Total: proteins – 18 gr. Calories – 74.

  • dinner: boiled chicken fillet 150 gr + salad of 100 gr of chopped white cabbage (you can pour lemon juice).

Total: proteins – 39 grams, fats – 4 grams, carbohydrates – 5 grams. Calories – 255.

Drying products

Second drying period

This stage should last a week or two (but still a week is better). You need to eat 80% protein, 20% fat. Exclude carbohydrates completely. The diet should be only pure proteins. Lean meat (mainly chicken fillet), white lean fish, squid meat, chicken egg whites, shrimp. Fats will enter the body along the way with protein foods. The above products must be baked or boiled. The calorie content of the daily diet can be reduced to 1200-1400 kcal per day (234-273 grams of protein and 26-30 grams of fat, respectively).

Drying vegetables

In the first two stages of drying, it is necessary to consume a sufficient amount of clean artesian water (about 2 liters per day).

If you are not involved in professional sports and are not preparing for a competition, then you should stop at this stage of drying. If you follow all the recommendations, you should get the right result.

Try to drink water more often between meals. Drink green tea and chicory root extract. These drinks will not only help to decorate your diet, but also enhance the process of fat burning.
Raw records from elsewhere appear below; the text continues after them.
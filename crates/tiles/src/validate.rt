// The full check of a file.
ghost use Rattle.std.specs.Prelude.{◌≡◌};
ghost use Rattle.base.specs.Answer.{outcome_of};
ghost use Rattle.base.specs.Refusal.{accepted};
ghost use Rattle.blocks.specs.Directory.{directory};
ghost use Rattle.tiles.specs.Validate.{open_all, validate};

use crate::tile;
use base::Refusal;
use blocks::directory::read_directory;
use blocks::header::Header;

// Opens all tiles of a file whose directory is accepted.
fn open_all(f: &[u8], h: Header) -> Result<Header, Refusal>
    requires { directory f.now ≡ accepted h }
    ensures { outcome_of result ≡ open_all f.now h }
{
    for t in 0..h.tiles {
        tile::open_tile(f, h, t)?;
    }
    Ok(h)
}

// The full check: the header of a valid file, or the first refusal. By `match` and no `?`: an edit replaces what is
// passed on, and nothing else.
#[tactic(auto, unfolding(crate::specs::Validate::validate))]
pub fn validate(f: &[u8]) -> Result<Header, Refusal>
    ensures { outcome_of result ≡ validate f.now }
{
    match read_directory(f) {
        Ok(h) => open_all(f, h),
        Err(refusal) => Err(refusal),
    }
}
menu for the second drying period

Example of a menu for a given drying period:

– breakfast: chicken breast – 200 grams.

Total: proteins – 47 grams, fats – 4 grams. Calories – 230.

– second breakfast: omelet (3 proteins and 1 egg), fried without oil.

Total: proteins – 23.5 grams, fats – 11 grams, carbohydrates – 1 gram.

– lunch: 300 grams of lean white fish.

Total: 54 grams of protein, 3 grams of fat. Calories – 250.

– snack: 200 grams of baked chicken breast.

Total: proteins – 47 grams, fats – 4 grams. Calories – 230.

– afternoon snack: 200 grams of squid fillet + 1 cucumber.